I salute all of you who care enough to be caring. This is my tribute to you.

Island Blog – Remembering the Butterfly

Today started well. I rose at 5.30 as usual, washed and dressed. Downstairs waiting for the kettle to boil I realised my frock wasn’t feeling like it did yesterday. It was tight under the arms and squashful across my bows. As I wear two or three frocks at the one time, layered with musical precision and always clashing wildly with each other, I wasn’t sure which frock was the offender. Well, dammit, I will have to pull them all off, whence I discovered the blue one, the last one, the one playing the bass line, was on back to front. it was a relief to finally reassemble the noisy ensemble and to hear and feel, once again, a smooth and velvety tune. I take a big drink of water, fill and flip on the kettle for coffee, and prepare to put a wash on. Lifting a pasta bowl from the drainer, I dropped it on my bare foot. Yelling in silence, so as not to disturb himself so early, and hopping around the table I glowered at said pasta bowl which had rolled off into the corner and was definitely sniggering.
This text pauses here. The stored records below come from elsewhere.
impl From<InlineTable> for Composed {
    ghost use Rattle.std.specs.Prelude.{◌≡◌};
    ghost use Rattle.grammar_sample.specs.NodeIn.{node_in_composed};

    ghost from_gives = { λ node whole. node_in_composed whole ≡ node };

    fn from(node: InlineTable) -> Composed {
        Composed::InlineTable(node)
    }
}

impl<'tree> From<InlineTableRef<'tree>> for ComposedRef<'tree> {
    ghost use Rattle.std.specs.Prelude.{◌≡◌};
    ghost use Rattle.grammar_sample.specs.NodeIn.{place_in_composed, place_in};

    ghost from_gives = { λ node whole. place_in_composed whole ≡ place_in node };

    fn from(node: InlineTableRef<'tree>) -> ComposedRef<'tree> {
        ComposedRef::InlineTable(node)
    }
}

/// Values in brackets.
///
/// ```text
/// Array = '[' (Value (',' Value)* ','?)? ']'
/// ```
pub type Array = NodeOf<35>;

/// [`Array`], borrowed from its tree.
pub type ArrayRef<'tree> = NodeOfRef<'tree, 35>;

impl Array {
    ghost use Rattle.std.specs.Prelude.{◌≡◌, IfOk, IfErr};
    ghost use Rattle.std.specs.List.{find};
    ghost use Rattle.std.specs.Option.{option_map};
    ghost use Rattle.rowan.specs.Types.NodeOrToken.TheVariants.{Token};
    ghost use Rattle.rowan.specs.Moves.{children, children_with_tokens};
    ghost use Rattle.rowan.specs.Ast.{is_token_of};
    ghost use Rattle.rowan.specs.Pointer.{means_kind};
    ghost use Rattle.grammar_sample.specs.contracts.kinds.Kind.{the_type};
    ghost use denote.Enum.Bare.{sameb};
    ghost use Rattle.grammar_sample.specs.Kinds.{kind_of};

    /// The first token `LeftBracket`.
    pub fn left_bracket_token(&self) -> Result<Option<SyntaxToken<Sample>>, Fault>
        ensures ok { let means = means_kind kind_of (sameb the_type) Kind.LeftBracket in
            IfOk result (λ found. option_map Token found
            ≡ find (is_token_of means) (children_with_tokens self.now)) }
        ensures err { IfErr result (λ e. e ≡ Fault.Memory) }
    {
        support::token(&self.syntax, Kind::LeftBracket)
    }

    /// The children that are `Value`, in order.
    pub fn values(&self) -> AstChildren<Value>
        ensures ok { IfOk result (λ nodes. nodes ≡ children self.now) }
        ensures err { IfErr result (λ e. e ≡ Fault.Memory) }
    {
        support::children(&self.syntax)
    }

    /// The first token `RightBracket`.
    pub fn right_bracket_token(&self) -> Result<Option<SyntaxToken<Sample>>, Fault>
        ensures ok { let means = means_kind kind_of (sameb the_type) Kind.RightBracket in
            IfOk result (λ found. option_map Token found
            ≡ find (is_token_of means) (children_with_tokens self.now)) }
        ensures err { IfErr result (λ e. e ≡ Fault.Memory) }
    {
        support::token(&self.syntax, Kind::RightBracket)
    }
}
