//! Equality, hash and printed forms of a borrowed token.
use super::SyntaxTokenRef;
use std::fmt;
use std::hash::{Hash, Hasher};

/// Two tokens are equal if they have equal green tokens and their texts start at the same offset.
impl PartialEq for SyntaxTokenRef<'_> {
    ghost use Rattle.std.specs.Cmp.{on_equiv, partial_equiv_from_equiv};
    ghost use Rattle.rowan_table.specs.Equal.{same_place, same_place-laws};
    ghost use Rattle.rowan_cursor.specs.Refs.{token_place};

    ghost eq = { λ r s. same_place (token_place r) (token_place s) };

    ghost laws = { partial_equiv_from_equiv (on_equiv token_place same_place-laws) };

    fn eq(&self, other: &Self) -> bool {
        self.table.has_equal(self.number, other.table, other.number)
    }
}

impl Eq for SyntaxTokenRef<'_> {
    ghost use Rattle.std.specs.Cmp.{on_equiv};
    ghost use Rattle.rowan_table.specs.Equal.{same_place-laws};
    ghost use Rattle.rowan_cursor.specs.Refs.{token_place};

    ghost laws = { on_equiv token_place same_place-laws };
}

impl Hash for SyntaxTokenRef<'_> {
    ghost use Rattle.rowan_table.specs.Equal.{fed_place, fed_place-same};
    ghost use Rattle.rowan_cursor.specs.Refs.{token_place};

    ghost hash_input = { λ r. fed_place (token_place r) };

    ghost respects_eq = { λ r s. fed_place-same (token_place r) (token_place s) };

    fn hash<H: Hasher>(&self, state: &mut H) {
        self.table.hash_element(self.number, state);
    }
}

impl fmt::Display for SyntaxTokenRef<'_> {
    ghost use Rattle.std.specs.Prelude.{Some};
    ghost use Rattle.rowan_table.specs.Cursor.{text_at};
    ghost use Rattle.rowan_cursor.specs.Refs.{token_place};

    ghost output = { λ r. Some (text_at (token_place r)) };

    fn fmt<W: fmt::Write>(&self, f: &mut fmt::Formatter<W>) -> fmt::Result {
        self.green().fmt(f)
    }
}

/// Prints as [`SyntaxToken`] does.
impl fmt::Debug for SyntaxTokenRef<'_> {
    fn fmt<W: fmt::Write>(&self, f: &mut fmt::Formatter<W>) -> fmt::Result {
        self.table.show_element(self.number, "SyntaxToken", f)
    }
}
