// Written by rowan_grammar from small.ungram: change that, and not this file.
//! Wrappers of the nodes of Small: owned ones, which keep the tree, and those that borrow it.
ghost use Rattle.std.specs.Prelude.{◌≡◌, true};
ghost use Rattle.std.specs.Prelude.{filter, slice_get, IfOk, IfErr};
ghost use Rattle.std.specs.Option.{option_map, option_and_then};
ghost use Rattle.rowan.specs.Moves.{children};
ghost use Rattle.rowan.specs.Ast.{if_casts, has_one_of};
ghost use Rattle.grammar_small.specs.contracts.kinds.Kind.{the_type};
ghost use denote.Enum.Bare.{sameb};
ghost use Rattle.rowan.specs.Ast.{casts_at};
ghost use Rattle.rowan.specs.Refs.{node_place, token_place};
ghost use Rattle.grammar_small.specs.Casts.{has_number};
ghost use Rattle.grammar_small.specs.Kinds.{kind_of};

use crate::kinds::{Kind, Small};
use rowan::ast::{AstChildren, AstNode, AstNodeRef, AstNodesRef, AstToken, AstTokenRef, support};
use rowan::{Fault, SyntaxNode, SyntaxNodeRef, SyntaxToken, SyntaxTokenRef};
use std::marker::Model;

/// A node whose kind has this number.
#[derive(Clone, PartialEq, Eq, Hash, Drop)]
pub struct NodeOf<const KIND: u16> {
    syntax: SyntaxNode<Small>,
}

impl<const KIND: u16> Model for NodeOf<KIND> {
    ghost use Rattle.std.specs.Prelude.{◌≡◌, true};
    ghost use Rattle.rowan.specs.Cursor.{Cursor};
    ghost use Rattle.rowan.specs.CursorCode.{coded_cursor};
    ghost use Rattle.rowan.specs.Ast.{casts_at};
    ghost use Rattle.grammar_small.specs.Casts.{has_number};
    ghost use Rattle.grammar_small.specs.Kinds.{kind_of};

    ghost Value = { Cursor };

    ghost coded = { coded_cursor };

    ghost view = { λ wrapper. wrapper.syntax };

    ghost inverse = { λ node. record { syntax = node } };

    ghost invariant = { λ wrapper. casts_at kind_of (has_number KIND) wrapper.syntax ≡ true };
}
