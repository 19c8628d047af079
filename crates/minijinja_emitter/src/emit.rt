//! The instructions of a unit that is being made, with the line and the span of each.
ghost use Rattle.std.specs.Prelude.{◌≡◌, ◌+◌, ◌≤◌, ◌++◌, ◌^◌, map, [], ◌∷◌, length, take, ◌<◌, slice_set, None, Some, IfNone, IfOk, IfSome, OnOk};
ghost use Rattle.std.specs.Option.{option_map};
ghost use Rattle.minijinja_semantics.specs.Code.{BuildMacro, Jump, Load};
ghost use Rattle.minijinja_semantics.specs.Jumps.{led_to, with_target};
ghost use Rattle.minijinja_semantics.specs.Marks.{again, alone_at, mark_now, on_line, shown};
ghost use Rattle.minijinja_semantics.specs.Marks as marks;
ghost use Rattle.minijinja_semantics.specs.Pieces.{start, one, id_of, noted};
ghost use Rattle.minijinja_instructions.specs.Instructions.{instr_of};
ghost use Rattle.minijinja_instructions.specs.MarkLists.{marks_in};
ghost use Rattle.minijinja_emitter.specs.internal.Constants.{Joins, TakesConstant, TakesConstants, both_loaded, last_loaded, without_last};
ghost use Rattle.minijinja_emitter.specs.internal.Making.{followed, here_of, place_in, reach, hole, alone, between, loaded_by, with_last, Adds};
ghost use Rattle.minijinja_emitter.specs.internal.Margins.{closed, opened, replaced, replaced_if, trimmed};

use crate::marked::MarkedList;
use crate::memory::OutOfMemory;
use crate::names::Names;
use minijinja_instructions::instructions::{Instruction, LocalId};
use minijinja_instructions::marks::MarkList;
use minijinja_syntax::tokens::Span;
use minijinja_value::value::TemplateValue;
use std::alloc::Global;

/// Where a node stands: its span, and the span that was open before it.
#[derive(Clone, Copy)]
pub struct Site {
    pub node: Span,
    pub outer: Span,
}

/// The instructions of a unit that is being made, with the line and the span of each, and the names
/// of filters and tests in them. How many there are is checked once, when the unit is complete.
#[derive(Drop)]
pub struct Emitter<'s, V: TemplateValue> {
    code: MarkedList<Instruction<'s, V>>,
    /// The line of what is added.
    line: u16,
    /// The innermost span that is open, one of zeros if none is.
    span: Span,
    filters: Names<'s>,
    tests: Names<'s>,
    alloc: Global,
}
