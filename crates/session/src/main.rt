// Replays a session script from standard input and prints a line for each call, the opening first.
// A script is a plan record with its length before it, then calls: `s` or `p` with a part, its length before it, or `b` or `c`.
// A length is two bytes, the lower first. A script that ends inside a call, or has another call, ends the output.
#![tactic(auto)]

ghost use Rattle.std.specs.Prelude.{IfSome, OnErr, OnOk};
ghost use Rattle.std.specs.Io.KnownBytes.{Appends};
ghost use Rattle.streams.specs.Front.{AppendsFront};
ghost use Rattle.sessionlines.specs.Lines.{script_lines};

use std::io::{self, Read, Write};
use streams::{read_full, write_full};

// One byte more than the limit tells that the script is too long. A read or a write that fails ends the program with its error;
// what is on standard output then is a front of the answer.
fn run<R: Read, W: Write>(reader: &mut R, writer: &mut W) -> io::Result<()>
    ensures ok { OnOk result (IfSome (R.remaining reader.old) (λ xs. Appends (W.contents writer.old) (W.contents writer.new) (script_lines xs))) }
    ensures err { OnErr result (IfSome (R.remaining reader.old) (λ xs. AppendsFront (W.contents writer.old) (W.contents writer.new) (script_lines xs))) }
{
    let mut bytes = [0u8; sessionlines::LIMIT + 1];
    let n = read_full(reader, &mut bytes)?;
    let mut out = [0u8; lines::LONGEST];
    let mut turn = sessionlines::open(&bytes[..n], &mut out);
    write_full(writer, &out[..turn.len])?;
    // a while, since each call says where the next one stands
    while turn.at < n {
        turn = sessionlines::call(&bytes[..n], turn, &mut out);
        write_full(writer, &out[..turn.len])?;
    }
    Ok(())
}

fn main(rt: HostRuntime) -> io::Result<()> {
    run(&mut rt.stdin(), &mut rt.stdout())
}
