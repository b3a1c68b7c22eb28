// The labels stage over scratch: the vertices leave the frontier one by one, the smallest that can leave first, and their triangles get labels.
// What the tables hold is told where the work is defined.
#![tactic(auto)]

ghost use Rattle.std.specs.Prelude.{◌≡◌, ◌+◌, ◌-◌, ◌<◌, length};
ghost use Rattle.scratch_tables.specs.Tables.{vertex_in};
ghost use Rattle.labels_tables.specs.Peeling.{peeling};
ghost use Rattle.labels_search.specs.Staged.{tables, Same, Becomes};
ghost use Rattle.labels_model.specs.Preconditions.{Room, HasMesh, CanSearch, Stands};
ghost use Rattle.labels_model.specs.Model.{is_removable, find_removable, remove_next, remove_all, clear_vertices, init_degrees, init_frontier, init_sets, init};
ghost use Rattle.labels_model.specs.Model.{peel_tables};

use labels_frontier::add_frontier_dart;
use labels_search::Stage;
use labels_tables::{degree, origin, set_degree, turn};

// ---- the search for the smallest vertex that can leave

// v is on the frontier, is not v0 or v1, and has two frontier neighbours
#[tactic(auto, unfolding(labels_model::specs::Model::is_removable))]
fn is_removable(s: &[i64], v: usize) -> bool
    requires { vertex_in (length s.now) v }
    ensures { result ≡ is_removable (peeling s.now) v }
{
    degree(s, v) == 3 && v != origin(s, 0) && v != origin(s, 2)
}

// candidates are taken until one can leave
fn find_removable(s: &mut Stage<'_>) -> usize
    requires { CanSearch s.old.n (tables s.old) }
    ensures same { Same s.old s.new }
    ensures found { find_removable s.old.n s.old.n (tables s.old) ≡ record { vertex = result; tables = tables s.new } }
{
    loop {
        let v = s.take_lowest();
        if is_removable(s.as_slice(), v) {
            return v;
        }
    }
}

// ---- the vertices in turn

// the smallest vertex that can leave does, as the i-th
#[tactic(auto, unfolding(labels_model::specs::Model::remove_next))]
fn remove_next(s: &mut Stage<'_>, i: usize)
    requires { (i + 2 < s.old.n) × Stands s.old.n i (tables s.old) }
    ensures { Becomes s.old s.new (remove_next s.old.n i (tables s.old)) }
{
    let v = find_removable(s);
    labels_frontier::remove_vertex(s, i, v);
}

// all vertices but v0 and v1 leave
fn remove_all(s: &mut Stage<'_>)
    requires { Stands s.old.n 0 (tables s.old) }
    ensures { Becomes s.old s.new (remove_all s.old.n (s.old.n - 2) 0 (tables s.old)) }
{
    for i in 0..s.n - 2 {
        remove_next(s, i);
    }
}

// ---- the start

// no vertex is on the frontier
fn clear_vertices(s: &mut Stage<'_>)
    ensures { Becomes s.old s.new (clear_vertices s.old.n 0 (tables s.old)) }
{
    for v in 0..s.n {
        labels_tables::set_vertex(s.words, v, 0, 0, 0);
    }
}

// the outer vertices are, each with the two others as its frontier neighbours
#[tactic(auto, unfolding(labels_model::specs::Model::init_degrees))]
fn init_degrees(s: &mut Stage<'_>)
    requires { HasMesh s.old.n (tables s.old) }
    ensures { Becomes s.old s.new (init_degrees (tables s.old)) }
{
    let words = s.as_slice();
    let a = origin(words, 0);
    let b = origin(words, 1);
    let c = origin(words, 2);
    set_degree(s.words, a, 3);
    set_degree(s.words, b, 3);
    set_degree(s.words, c, 3);
}

#[tactic(auto, unfolding(labels_model::specs::Model::init_frontier))]
fn init_frontier(s: &mut Stage<'_>)
    requires { HasMesh s.old.n (tables s.old) }
    ensures { Becomes s.old s.new (init_frontier (tables s.old)) }
{
    let words = s.as_slice();
    let a = origin(words, 0);
    let b = origin(words, 1);
    let c = origin(words, 2);
    let x = turn(words, 1);
    let y = turn(words, 2);
    add_frontier_dart(s.words, b, a, x);
    add_frontier_dart(s.words, c, b, y);
}

// v2 is the first candidate
#[tactic(auto, unfolding(labels_model::specs::Model::init_sets, labels_model::specs::Model::add_candidate))]
fn init_sets(s: &mut Stage<'_>)
    requires { HasMesh s.old.n (tables s.old) }
    ensures { Becomes s.old s.new (init_sets s.old.n (tables s.old)) }
{
    let b = origin(s.as_slice(), 1);
    s.clear_sets();
    s.add(b);
}

#[tactic(auto, unfolding(labels_model::specs::Model::init))]
fn init(s: &mut Stage<'_>)
    requires { HasMesh s.old.n (tables s.old) }
    ensures { Becomes s.old s.new (init s.old.n (tables s.old)) }
{
    clear_vertices(s);
    init_degrees(s);
    init_frontier(s);
    init_sets(s);
}

// the whole stage
#[tactic(auto, unfolding(labels_model::specs::Model::peel_tables))]
pub fn peel(n: usize, s: &mut [i64])
    requires { Room n (length s.old) × HasMesh n (peeling s.old) }
    ensures { peeling s.new ≡ peel_tables n (peeling s.old) }
{
    let mut stage = Stage::new(n, s);
    init(&mut stage);
    remove_all(&mut stage);
}
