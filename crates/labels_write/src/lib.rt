// The labels, written from what scratch holds once the corners are labelled: of each inner triangle the corner with label 2 tells the two others.
#![tactic(auto)]

ghost use Rattle.std.specs.Prelude.{◌≡◌, ℕ, ◌+◌, ◌*◌, ◌%◌, ◌≤◌, ◌<◌, length, get_or};
ghost use Rattle.scratch_tables.specs.Tables.{tables_of};
ghost use Rattle.labels_tables.specs.Peeling.{peeling_of, peeling};
ghost use Rattle.labels_tables.specs.LabelledTables.{label_in};
ghost use Rattle.labels_write.specs.Writing.{label_of_corner, Readable, with_triangle};

// the labels of the three corners of a triangle, by which of them has label 2
const LABELS: [[u8; 3]; 3] = [[2, 0, 1], [1, 2, 0], [0, 1, 2]];

// the labels of triangle t + 1, which stand from 3 t on
fn write_triangle(labels: &mut [u8], scratch: &[i64], t: usize)
    requires { Readable (peeling scratch.now) (length scratch.now) t × (3 * t + 3 ≤ length labels.old) }
    ensures { labels.new ≡ with_triangle ((peeling scratch.now).apex (t + 1)) t labels.old }
{
    let k = labels_tables::apex(scratch, t + 1);
    labels[3 * t..3 * t + 3].copy_from_slice(&LABELS[k]);
}

// The labels of the inner triangles. By index: once a walk over `chunks_exact_mut` is over, a proof knows the slice's length alone.
pub fn write_labels(labels: &mut [u8], scratch: &[i64])
    requires { (length labels.old % 3 ≡ 0) × ((t : ℕ) → 3 * t < length labels.old → Readable (peeling scratch.now) (length scratch.now) t) }
    ensures { (k : ℕ) → k < length labels.new → get_or labels.new k 0 ≡ label_in (peeling scratch.now) (k + 3) }
{
    for t in 0..labels.len() / 3 {
        write_triangle(labels, scratch, t);
    }
}
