/// What it does behind an item that was served.
fn course_behind(quit: bool) -> Course
    ensures goes_on { result ≡ Course.GoesOn → quit ≡ false }
    ensures ends { result ≡ Course.Ends → quit ≡ true }
{
    if quit { Course::Ends } else { Course::GoesOn }
}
On making the coffee #footthrobbing I put 3 tea bags in the pot and poured on the water. There was just enough. I left the brew to steep and went off to refill himself’s water bottles and to lay our clean hankersniffs. I wiped down his rolling stock (hospital bed tables) and poured myself a coffee. I planned to listen to the birds, watch them flit and flut, fight and fly off, a lovely show of colour and attitude. This is not coffee. Initially I was a bit shocked #foorstillthrobbing at the thought of my folly. How could I do that? I don’t even drink tea, although my hand knows the route to the caddy as I make tea for himself all the live long day, so it could be that. I’m not losing it, I swear.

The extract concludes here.